» Provided records
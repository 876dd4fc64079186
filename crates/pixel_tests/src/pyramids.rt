//! Worked pyramids, as tables. Leaves are of numbers of 16 bits, two columns by two lines where no row says otherwise.
ghost use Rattle.std.specs.Prelude.{◌≤◌};

use healpix_nested::cells;
use parent_rule::{Combine, Depth};
use pyramid_model::Shape;
use pyramid_model::plain::{Leaves, exists, fits, pixels, value};
use std::alloc::Global;
use std::collections::BTreeMap;
use std::process::Abort;
use std::test::Fail;

/// The blank number.
const B: i64 = -32768;

// A leaf and its numbers.
type Leaf = (u64, [i64; 4]);

fn leaves_in(alloc: Global, table: &[Leaf]) -> Result<Leaves, Fail> {
    let mut leaves = BTreeMap::new(alloc);
    for (leaf, numbers) in table {
        leaves.insert(*leaf, Vec::from_array(alloc, *numbers)?)?;
    }
    Ok(leaves)
}

static FIRST: [Leaf; 1] = [(0, [1, 2, 3, 5])];

// The shape of a survey of leaves of that order, whose tiles have `2^n` columns.
fn shape(top: u8, n: u8, combine: Combine) -> Option<Shape> {
    if top < 3 || top > 11 || n < 1 || n > 9 {
        return None;
    }
    let depth = Depth::new(16, B)?.with(combine);
    Some(Shape {
        top,
        low: 3,
        n,
        depth,
    })
}

// Tiles over the first leaf, of order 4, and whether they exist.
static TILES: [(u8, u64, bool); 5] = [
    (4, 0, true),
    (4, 1, false),
    (3, 0, true),
    (3, 1, false),
    (0, 0, true),
];

// Cells over the pixels of that leaf, and their values.
static VALUES: [(u8, u64, i64); 5] = [(5, 0, 3), (5, 1, 1), (5, 4, B), (4, 0, 3), (4, 1, B)];

// Whether a tile exists, if it is one of the survey.
fn existence(leaves: &Leaves, shape: &Shape, order: u8, npix: u64) -> Option<bool> {
    if order > shape.top || npix >= cells(order) {
        return None;
    }
    Some(exists(leaves, shape, order, npix))
}

// The value of a cell that is one of the survey.
fn value_of(leaves: &Leaves, shape: &Shape, order: u8, cell: u64) -> Option<i64> {
    if order > shape.top + shape.n || cell >= cells(order) || !fits(leaves, shape) {
        return None;
    }
    Some(value(leaves, shape, order, cell))
}

// The tiles and the cells over the first leaf.
fn check_first(rt: &impl Abort, leaves: &Leaves, shape: &Shape) {
    for (order, npix, there) in &TILES {
        let found = existence(leaves, shape, *order, *npix);
        assert!(rt; found == Some(*there), "tile {order}/{npix}");
    }
    for (order, cell, wanted) in &VALUES {
        let found = value_of(leaves, shape, *order, *cell);
        assert!(rt; found == Some(*wanted), "cell {order}/{cell}");
    }
}

#[test]
fn tiles_exist_and_cells_have_values_above_leaves(rt: HostRuntime) -> Result<(), Fail> {
    let shape = shape(4, 1, Combine::Mean).ok_or("no shape")?;
    let leaves = leaves_in(rt.alloc(), &FIRST)?;
    check_first(&rt, &leaves, &shape);
    Ok(())
}

// The order of the leaves, n, the order and the number of a tile, and its numbers.
type TileRow = (u8, u8, u8, u64, &'static [i64]);

// Whether the tile of a row has its numbers over these leaves.
fn has_pixels(
    alloc: Global,
    leaves: &Leaves,
    combine: Combine,
    row: &TileRow,
) -> Result<bool, Fail> {
    let (top, n, order, npix, wanted) = *row;
    let shape = shape(top, n, combine).ok_or("no shape")?;
    if order > shape.top || npix >= cells(order) || !fits(leaves, &shape) {
        return Err("no tile of the survey".into());
    }
    let numbers = pixels(alloc, leaves, &shape, order, npix)?;
    Ok(numbers.as_slice() == wanted)
}

// How the numbers are combined, the leaves, and a tile over them. In the last row means are taken order by order: at once
// they would give 1.
static SMALL: [(Combine, &[Leaf], TileRow); 5] = [
    (
        Combine::Mean,
        &[(0, [1, 2, 3, 5])],
        (4, 1, 4, 0, &[1, 2, 3, 5]),
    ),
    (
        Combine::Mean,
        &[(0, [1, 2, 3, 5])],
        (4, 1, 3, 0, &[B, B, 3, B]),
    ),
    (
        Combine::Median,
        &[(0, [1, 2, 3, 5])],
        (4, 1, 3, 0, &[B, B, 2, B]),
    ),
    (
        Combine::Mean,
        &[(1, [7, 7, 7, 7])],
        (4, 1, 3, 0, &[7, B, B, B]),
    ),
    (
        Combine::Mean,
        &[
            (0, [1, 1, 2, 2]),
            (1, [1, 1, 2, 2]),
            (2, [1, 1, 1, 2]),
            (3, [1, 1, 1, 2]),
        ],
        (5, 1, 3, 0, &[B, B, 2, B]),
    ),
];

// Whether the tile of a row has its numbers over the leaves of a table.
fn has_small_pixels(
    alloc: Global,
    combine: Combine,
    table: &[Leaf],
    row: &TileRow,
) -> Result<bool, Fail> {
    let leaves = leaves_in(alloc, table)?;
    has_pixels(alloc, &leaves, combine, row)
}

#[test]
fn tiles_have_pixels(rt: HostRuntime) -> Result<(), Fail> {
    for (combine, table, row) in &SMALL {
        assert!(rt;
            has_small_pixels(rt.alloc(), *combine, table, row)?,
            "{row:?}"
        );
    }
    Ok(())
}

// The numbers of a leaf by a rule.
fn made_numbers(alloc: Global, leaf: u64, count: u64) -> Result<Vec<i64>, Fail>
    requires leaf { leaf ≤ 6 }
    requires count { count ≤ 64 }
{
    let mut numbers = Vec::new(alloc);
    for place in 0..count {
        let rest = (13 * leaf + 5 * place) % 17;
        numbers.push(if rest == 0 { B } else { rest as i64 - 8 })?;
    }
    Ok(numbers)
}

// Some leaves of tiles of 4 by 4 or 8 by 8, with numbers by a rule.
fn made_leaves(alloc: Global, n: u8) -> Result<Leaves, Fail> {
    let count: u64 = if n == 2 { 16 } else { 64 };
    let mut leaves = BTreeMap::new(alloc);
    for leaf in [0, 1, 3, 6] {
        leaves.insert(leaf, made_numbers(alloc, leaf, count)?)?;
    }
    Ok(leaves)
}

// scripts/pyramid-values.py made them.
static LARGER: [TileRow; 4] = [
    (
        4,
        2,
        4,
        6,
        &[2, 7, -5, 0, 5, -7, -2, 3, 8, -4, 1, 6, -6, -1, 4, B],
    ),
    (
        4,
        2,
        3,
        0,
        &[1, 2, 1, -2, -2, 2, 3, 0, -3, 2, B, B, 2, -1, B, B],
    ),
    (
        5,
        2,
        3,
        0,
        &[B, B, B, B, B, 1, B, B, 1, 1, B, B, 0, B, B, B],
    ),
    (
        4,
        3,
        3,
        0,
        &[
            -2, 2, 1, 2, 3, 0, 1, -1, 1, -1, 3, 2, -1, 3, 1, -2, 1, -2, 2, 1, -2, 3, 0, 1, 0, 1,
            -1, 3, 0, -1, 3, 1, -1, 3, 1, -2, B, B, B, B, -2, 3, 0, 1, B, B, B, B, 0, -1, 3, 1, B,
            B, B, B, 0, -2, 3, 0, B, B, B, B,
        ],
    ),
];

// Whether the tile of a row has its numbers over leaves by a rule.
fn has_larger_pixels(alloc: Global, row: &TileRow) -> Result<bool, Fail> {
    let leaves = made_leaves(alloc, row.1)?;
    has_pixels(alloc, &leaves, Combine::Mean, row)
}

#[test]
fn larger_tiles_have_pixels(rt: HostRuntime) -> Result<(), Fail> {
    for row in &LARGER {
        assert!(rt; has_larger_pixels(rt.alloc(), row)?, "{row:?}");
    }
    Ok(())
}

» Task instructions
Output every line from the records, exactly as written.

» Output of the task
repository 876dd4fc64079186
filename crates/pixel_tests/src/pyramids.rt
//! Worked pyramids, as tables. Leaves are of numbers of 16 bits, two columns by two lines where no row says otherwise.
ghost use Rattle.std.specs.Prelude.{◌≤◌};

use healpix_nested::cells;
use parent_rule::{Combine, Depth};
use pyramid_model::Shape;
use pyramid_model::plain::{Leaves, exists, fits, pixels, value};
use std::alloc::Global;
use std::collections::BTreeMap;
use std::process::Abort;
use std::test::Fail;

/// The blank number.
const B: i64 = -32768;

// A leaf and its numbers.
type Leaf = (u64, [i64; 4]);

fn leaves_in(alloc: Global, table: &[Leaf]) -> Result<Leaves, Fail> {
    let mut leaves = BTreeMap::new(alloc);
    for (leaf, numbers) in table {
        leaves.insert(*leaf, Vec::from_array(alloc, *numbers)?)?;
    }
    Ok(leaves)
}

static FIRST: [Leaf; 1] = [(0, [1, 2, 3, 5])];

// The shape of a survey of leaves of that order, whose tiles have `2^n` columns.
fn shape(top: u8, n: u8, combine: Combine) -> Option<Shape> {
    if top < 3 || top > 11 || n < 1 || n > 9 {
        return None;
    }
    let depth = Depth::new(16, B)?.with(combine);
    Some(Shape {
        top,
        low: 3,
        n,
        depth,
    })
}

// Tiles over the first leaf, of order 4, and whether they exist.
static TILES: [(u8, u64, bool); 5] = [
    (4, 0, true),
    (4, 1, false),
    (3, 0, true),
    (3, 1, false),
    (0, 0, true),
];

// Cells over the pixels of that leaf, and their values.
static VALUES: [(u8, u64, i64); 5] = [(5, 0, 3), (5, 1, 1), (5, 4, B), (4, 0, 3), (4, 1, B)];

// Whether a tile exists, if it is one of the survey.
fn existence(leaves: &Leaves, shape: &Shape, order: u8, npix: u64) -> Option<bool> {
    if order > shape.top || npix >= cells(order) {
        return None;
    }
    Some(exists(leaves, shape, order, npix))
}

// The value of a cell that is one of the survey.
fn value_of(leaves: &Leaves, shape: &Shape, order: u8, cell: u64) -> Option<i64> {
    if order > shape.top + shape.n || cell >= cells(order) || !fits(leaves, shape) {
        return None;
    }
    Some(value(leaves, shape, order, cell))
}

// The tiles and the cells over the first leaf.
fn check_first(rt: &impl Abort, leaves: &Leaves, shape: &Shape) {
    for (order, npix, there) in &TILES {
        let found = existence(leaves, shape, *order, *npix);
        assert!(rt; found == Some(*there), "tile {order}/{npix}");
    }
    for (order, cell, wanted) in &VALUES {
        let found = value_of(leaves, shape, *order, *cell);
        assert!(rt; found == Some(*wanted), "cell {order}/{cell}");
    }
}

#[test]
fn tiles_exist_and_cells_have_values_above_leaves(rt: HostRuntime) -> Result<(), Fail> {
    let shape = shape(4, 1, Combine::Mean).ok_or("no shape")?;
    let leaves = leaves_in(rt.alloc(), &FIRST)?;
    check_first(&rt, &leaves, &shape);
    Ok(())
}

// The order of the leaves, n, the order and the number of a tile, and its numbers.
type TileRow = (u8, u8, u8, u64, &'static [i64]);

// Whether the tile of a row has its numbers over these leaves.
fn has_pixels(
    alloc: Global,
    leaves: &Leaves,
    combine: Combine,
    row: &TileRow,
) -> Result<bool, Fail> {
    let (top, n, order, npix, wanted) = *row;
    let shape = shape(top, n, combine).ok_or("no shape")?;
    if order > shape.top || npix >= cells(order) || !fits(leaves, &shape) {
        return Err("no tile of the survey".into());
    }
    let numbers = pixels(alloc, leaves, &shape, order, npix)?;
    Ok(numbers.as_slice() == wanted)
}

// How the numbers are combined, the leaves, and a tile over them. In the last row means are taken order by order: at once
// they would give 1.
static SMALL: [(Combine, &[Leaf], TileRow); 5] = [
    (
        Combine::Mean,
        &[(0, [1, 2, 3, 5])],
        (4, 1, 4, 0, &[1, 2, 3, 5]),
    ),
    (
        Combine::Mean,
        &[(0, [1, 2, 3, 5])],
        (4, 1, 3, 0, &[B, B, 3, B]),
    ),
    (
        Combine::Median,
        &[(0, [1, 2, 3, 5])],
        (4, 1, 3, 0, &[B, B, 2, B]),
    ),
    (
        Combine::Mean,
        &[(1, [7, 7, 7, 7])],
        (4, 1, 3, 0, &[7, B, B, B]),
    ),
    (
        Combine::Mean,
        &[
            (0, [1, 1, 2, 2]),
            (1, [1, 1, 2, 2]),
            (2, [1, 1, 1, 2]),
            (3, [1, 1, 1, 2]),
        ],
        (5, 1, 3, 0, &[B, B, 2, B]),
    ),
];

// Whether the tile of a row has its numbers over the leaves of a table.
fn has_small_pixels(
    alloc: Global,
    combine: Combine,
    table: &[Leaf],
    row: &TileRow,
) -> Result<bool, Fail> {
    let leaves = leaves_in(alloc, table)?;
    has_pixels(alloc, &leaves, combine, row)
}

#[test]
fn tiles_have_pixels(rt: HostRuntime) -> Result<(), Fail> {
    for (combine, table, row) in &SMALL {
        assert!(rt;
            has_small_pixels(rt.alloc(), *combine, table, row)?,
            "{row:?}"
        );
    }
    Ok(())
}

// The numbers of a leaf by a rule.
fn made_numbers(alloc: Global, leaf: u64, count: u64) -> Result<Vec<i64>, Fail>
    requires leaf { leaf ≤ 6 }
    requires count { count ≤ 64 }
{
    let mut numbers = Vec::new(alloc);
    for place in 0..count {
        let rest = (13 * leaf + 5 * place) % 17;
        numbers.push(if rest == 0 { B } else { rest as i64 - 8 })?;
    }
    Ok(numbers)
}

// Some leaves of tiles of 4 by 4 or 8 by 8, with numbers by a rule.
fn made_leaves(alloc: Global, n: u8) -> Result<Leaves, Fail> {
    let count: u64 = if n == 2 { 16 } else { 64 };
    let mut leaves = BTreeMap::new(alloc);
    for leaf in [0, 1, 3, 6] {
        leaves.insert(leaf, made_numbers(alloc, leaf, count)?)?;
    }
    Ok(leaves)
}

// scripts/pyramid-values.py made them.
static LARGER: [TileRow; 4] = [
    (
        4,
        2,
        4,
        6,
        &[2, 7, -5, 0, 5, -7, -2, 3, 8, -4, 1, 6, -6, -1, 4, B],
    ),
    (
        4,
        2,
        3,
        0,
        &[1, 2, 1, -2, -2, 2, 3, 0, -3, 2, B, B, 2, -1, B, B],
    ),
    (
        5,
        2,
        3,
        0,
        &[B, B, B, B, B, 1, B, B, 1, 1, B, B, 0, B, B, B],
    ),
    (
        4,
        3,
        3,
        0,
        &[
            -2, 2, 1, 2, 3, 0, 1, -1, 1, -1, 3, 2, -1, 3, 1, -2, 1, -2, 2, 1, -2, 3, 0, 1, 0, 1,
            -1, 3, 0, -1, 3, 1, -1, 3, 1, -2, B, B, B, B, -2, 3, 0, 1, B, B, B, B, 0, -1, 3, 1, B,
            B, B, B, 0, -2, 3, 0, B, B, B, B,
        ],
    ),
];

// Whether the tile of a row has its numbers over leaves by a rule.
fn has_larger_pixels(alloc: Global, row: &TileRow) -> Result<bool, Fail> {
    let leaves = made_leaves(alloc, row.1)?;
    has_pixels(alloc, &leaves, Combine::Mean, row)
}

#[test]
fn larger_tiles_have_pixels(rt: HostRuntime) -> Result<(), Fail> {
    for row in &LARGER {
        assert!(rt; has_larger_pixels(rt.alloc(), row)?, "{row:?}");
    }
    Ok(())
}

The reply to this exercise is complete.